* [Work to complete] Lines from the top of the entries through the line that has "fn points_in(alloc: Global, file: &[u8])" must be duplicated exactly, and no others.

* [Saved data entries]
•••••
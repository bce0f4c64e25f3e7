//! Small files with their points or their refusals.

use elf_image::read_image;
use elf_write::{file_of_code, file_of_words, push_number};
use flow_points::{Flow, FlowRefusal, Point, Points, recover};
use rv_decode::Instr;
use std::alloc::{AllocError, Global};

const NOP: u32 = 0x00050513; // addi a0,a0,0

const EBREAK: u32 = 0x00100073;

const RETURN: u32 = 0x00008067;

/// The points of a file, or why there are none: Memory where it has no image.
fn points_in(alloc: Global, file: &[u8]) -> Result<Points, FlowRefusal> {
    match read_image(alloc, file) {
        Ok(image) => recover(alloc, &image),
        Err(_) => Err(FlowRefusal::Memory),
    }
}

/// The same of a small file with these code words.
pub(crate) fn points_of(alloc: Global, words: &[u32]) -> Result<Points, FlowRefusal> {
    match file_of_words(alloc, words) {
        Ok(file) => points_in(alloc, &file),
        Err(_) => Err(FlowRefusal::Memory),
    }
}

/// A small file whose code may be compressed and has these halves.
fn file_of_halves(alloc: Global, halves: &[u16]) -> Result<Vec<u8>, AllocError> {
    let mut code = Vec::new(alloc);
    for half in halves {
        push_number(&mut code, 2, u64::from(*half))?;
    }
    file_of_code(alloc, 1, &code)
}

/// The same of this file.
fn points_of_halves(alloc: Global, halves: &[u16]) -> Result<Points, FlowRefusal> {
    match file_of_halves(alloc, halves) {
        Ok(file) => points_in(alloc, &file),
        Err(_) => Err(FlowRefusal::Memory),
    }
}

/// Whether these are the points, in order, and each is found.
fn are_points(points: &Points, expected: &[(u64, u64)]) -> bool {
    let mut i = 0;
    for (proc_entry, address) in expected {
        if i >= points.count() {
            return false;
        }
        let point = Point {
            proc_entry: *proc_entry,
            address: *address,
        };
        if points.point(i) != point || points.find(*proc_entry, *address) != Some(i) {
            return false;
        }
        i += 1;
    }
    points.count() == i && points.find(0x10078, 0x10090) == None
}

/// Files, with the procedure and the address of each point.
const FILES: [(&[u32], &[(u64, u64)]); 3] = [
    (&PAIR, &PAIR_POINTS),
    (&SHARED_TAIL, &SHARED_TAIL_POINTS),
    (&[0x0000006f], &[(0x10078, 0x10078)]), // jal zero,0
];

// auipc ra,0x0; jalr ra,12(ra); ebreak; jalr zero,0(ra)
const PAIR: [u32; 4] = [0x00000097, 0x00c080e7, EBREAK, RETURN];

const PAIR_POINTS: [(u64, u64); 4] = [
    (0x10078, 0x10078),
    (0x10078, 0x1007c),
    (0x10078, 0x10080),
    (0x10084, 0x10084),
];

// jal ra,12; jal ra,12; ebreak; jal zero,8; jal zero,4; jalr zero,0(ra): two procedures share a tail
const SHARED_TAIL: [u32; 6] = [
    0x00c000ef, 0x00c000ef, EBREAK, 0x0080006f, 0x0040006f, RETURN,
];

const SHARED_TAIL_POINTS: [(u64, u64); 7] = [
    (0x10078, 0x10078),
    (0x10078, 0x1007c),
    (0x10078, 0x10080),
    (0x10084, 0x10084),
    (0x10084, 0x1008c),
    (0x10088, 0x10088),
    (0x10088, 0x1008c),
];

fn has_points(alloc: Global, words: &[u32], expected: &[(u64, u64)]) -> bool {
    match points_of(alloc, words) {
        Ok(points) => are_points(&points, expected),
        Err(_) => false,
    }
}

fn all_have_their_points(alloc: Global) -> bool {
    for (words, expected) in FILES.iter() {
        if !has_points(alloc, words, expected) {
            return false;
        }
    }
    true
}

#[test]
fn points_ascend(rt: HostRuntime) {
    assert!(rt; all_have_their_points(rt.alloc()));
}

const PAIR_FLOWS: [Flow; 4] = [
    Flow::Next(0x1007c),
    Flow::Call {
        target: 0x10084,
        next: 0x10080,
    },
    Flow::Halt,
    Flow::Return,
];

/// Whether these are the flows of the points, in order.
fn are_flows(points: &Points, flows: &[Flow]) -> bool {
    let mut i = 0;
    for flow in flows {
        if i >= points.count() || points.flow(i) != *flow {
            return false;
        }
        i += 1;
    }
    points.count() == i
}

/// Whether these are the points of the pair, by what else is told of them.
fn is_pair(points: &Points) -> bool {
    points.count() == 4
        && points.word(1) == 0x00c080e7
        && points.length(1) == 4
        && points.instr(2) == Instr::Ebreak
        && points.code(3).word == RETURN
        && points.procedures() == [0x10078, 0x10084].as_slice()
        && points.entry() == 0x10078
}

fn has_pair(alloc: Global) -> bool {
    match points_of(alloc, &PAIR) {
        Ok(points) => are_flows(&points, &PAIR_FLOWS) && is_pair(&points),
        Err(_) => false,
    }
}

#[test]
fn code_of_points(rt: HostRuntime) {
    assert!(rt; has_pair(rt.alloc()));
}

/// Files, with why each is refused and the text of that.
const REFUSED: [(&[u32], FlowRefusal, &str); 8] = [
    // jal ra,12; jalr zero,0(t0); ebreak; jalr zero,0(t1)
    (
        &[0x00c000ef, 0x00028067, EBREAK, 0x00030067],
        FlowRefusal::IndirectJump(0x1007c, 5),
        "IndirectJump t0 at 0x1007c",
    ),
    // beq a0,zero,8 before a pair
    (
        &[0x00050463, 0x00000097, 0x00c080e7, EBREAK, RETURN],
        FlowRefusal::IntoPair(0x10080),
        "IntoPair at 0x10080",
    ),
    // jal t0,8
    (
        &[0x008002ef],
        FlowRefusal::OddLink(0x10078, 5),
        "OddLink t0 at 0x10078",
    ),
    // jal zero,2
    (
        &[0x0020006f],
        FlowRefusal::MisalignedTarget(0x10078, 0x1007a),
        "MisalignedTarget 0x1007a at 0x10078",
    ),
    (
        &[0],
        FlowRefusal::NoInstruction(0x10078, 0),
        "NoInstruction 00000000 at 0x10078",
    ),
    // auipc ra,0x0; jal zero,4; jalr zero,12(ra): an AUIPC that doesn't stand before the JALR
    (
        &[0x00000097, 0x0040006f, 0x00c08067],
        FlowRefusal::IndirectJump(0x10080, 1),
        "IndirectJump ra at 0x10080",
    ),
    // jalr zero,0(zero)
    (
        &[0x00000067],
        FlowRefusal::IndirectJump(0x10078, 0),
        "IndirectJump zero at 0x10078",
    ),
    (
        &[NOP],
        FlowRefusal::OutsideCode(0x1007c),
        "OutsideCode at 0x1007c",
    ),
];

fn is_refused(points: Result<Points, FlowRefusal>, refusal: FlowRefusal) -> bool {
    match points {
        Ok(_) => false,
        Err(found) => found == refusal,
    }
}

fn has_text(alloc: Global, refusal: FlowRefusal, text: &str) -> bool {
    match format!(in alloc; "{refusal}") {
        Ok(line) => line.as_str() == text,
        Err(_) => false,
    }
}

fn all_are_refused(alloc: Global) -> bool {
    for (words, refusal, text) in REFUSED.iter() {
        if !is_refused(points_of(alloc, words), *refusal) || !has_text(alloc, *refusal, text) {
            return false;
        }
    }
    true
}

#[test]
fn refusals(rt: HostRuntime) {
    assert!(rt; all_are_refused(rt.alloc()));
}

/// The points of so many words that go on to the next, and one more.
fn points_of_straight(alloc: Global, n: usize, last: u32) -> Result<Points, FlowRefusal> {
    match straight(alloc, n, last) {
        Ok(words) => points_of(alloc, &words),
        Err(_) => Err(FlowRefusal::Memory),
    }
}

fn straight(alloc: Global, n: usize, last: u32) -> Result<Vec<u32>, AllocError> {
    let mut words = vec![in alloc; NOP; n]?;
    words.push(last)?;
    Ok(words)
}

fn count_of(points: Result<Points, FlowRefusal>) -> u32 {
    match points {
        Ok(points) => points.count(),
        Err(_) => 0,
    }
}

#[test]
fn most_points(rt: HostRuntime) {
    let alloc = rt.alloc();
    assert!(rt; count_of(points_of_straight(alloc, 16383, EBREAK)) == 16384);
    let outside = points_of_straight(alloc, 4094, NOP);
    assert!(rt; is_refused(outside, FlowRefusal::OutsideCode(0x14074)));
    let many = points_of_straight(alloc, 16384, EBREAK);
    assert!(rt; is_refused(many, FlowRefusal::TooManyPoints(16384)));
}

/// Files whose code may be compressed, with the procedure, the address and the length of each point.
const COMPRESSED: [(&[u16], &[(u64, u64, u8)]); 3] = [
    // c.li a0,5; c.ebreak
    (
        &[0x4515, 0x9002],
        &[(0x10078, 0x10078, 2), (0x10078, 0x1007a, 2)],
    ),
    // jal zero,6; c.ebreak; c.ebreak: the target is no multiple of 4
    (
        &[0x006f, 0x0060, 0x9002, 0x9002],
        &[(0x10078, 0x10078, 4), (0x10078, 0x1007e, 2)],
    ),
    // auipc ra,0x0; jalr ra,10(ra); c.ebreak; c.jr ra
    (
        &[0x0097, 0x0000, 0x80e7, 0x00a0, 0x9002, 0x8082],
        &[
            (0x10078, 0x10078, 4),
            (0x10078, 0x1007c, 4),
            (0x10078, 0x10080, 2),
            (0x10082, 0x10082, 2),
        ],
    ),
];

/// Whether these are the points with their lengths, in order.
fn are_points_with_lengths(points: &Points, expected: &[(u64, u64, u8)]) -> bool {
    let mut i = 0;
    for (proc_entry, address, length) in expected {
        if i >= points.count() {
            return false;
        }
        let point = Point {
            proc_entry: *proc_entry,
            address: *address,
        };
        if points.point(i) != point || points.length(i) != *length {
            return false;
        }
        i += 1;
    }
    points.count() == i
}

fn has_points_with_lengths(alloc: Global, halves: &[u16], expected: &[(u64, u64, u8)]) -> bool {
    match points_of_halves(alloc, halves) {
        Ok(points) => are_points_with_lengths(&points, expected),
        Err(_) => false,
    }
}

fn all_compressed_have_their_points(alloc: Global) -> bool {
    for (halves, expected) in COMPRESSED.iter() {
        if !has_points_with_lengths(alloc, halves, expected) {
            return false;
        }
    }
    true
}

#[test]
fn compressed_points(rt: HostRuntime) {
    assert!(rt; all_compressed_have_their_points(rt.alloc()));
}

const COMPRESSED_REFUSED: [(&[u16], FlowRefusal); 5] = [
    (&[0], FlowRefusal::NoInstruction(0x10078, 0)),
    // c.jr gp
    (&[0x8182], FlowRefusal::IndirectJump(0x10078, 3)),
    // addi a0,a4,9; c.nop; c.jalr ra; c.ebreak: the bytes at 0x1007a look like auipc ra,0x10
    (
        &[0x0513, 0x0097, 0x0001, 0x9082, 0x9002],
        FlowRefusal::IntoPair(0x1007e),
    ),
    // c.nop
    (&[0x0001], FlowRefusal::OutsideCode(0x1007a)),
    // c.nop, and half of an addi
    (&[0x0001, 0x0513], FlowRefusal::OutsideCode(0x1007a)),
];

fn all_compressed_are_refused(alloc: Global) -> bool {
    for (halves, refusal) in COMPRESSED_REFUSED.iter() {
        if !is_refused(points_of_halves(alloc, halves), *refusal) {
            return false;
        }
    }
    true
}

#[test]
fn compressed_refusals(rt: HostRuntime) {
    assert!(rt; all_compressed_are_refused(rt.alloc()));
}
•••••
* [Response for this exercise]
repository bce0f4c64e25f3e7
//! Small files with their points or their refusals.

use elf_image::read_image;
use elf_write::{file_of_code, file_of_words, push_number};
use flow_points::{Flow, FlowRefusal, Point, Points, recover};
use rv_decode::Instr;
use std::alloc::{AllocError, Global};

const NOP: u32 = 0x00050513; // addi a0,a0,0

const EBREAK: u32 = 0x00100073;

const RETURN: u32 = 0x00008067;

/// The points of a file, or why there are none: Memory where it has no image.
fn points_in(alloc: Global, file: &[u8]) -> Result<Points, FlowRefusal> {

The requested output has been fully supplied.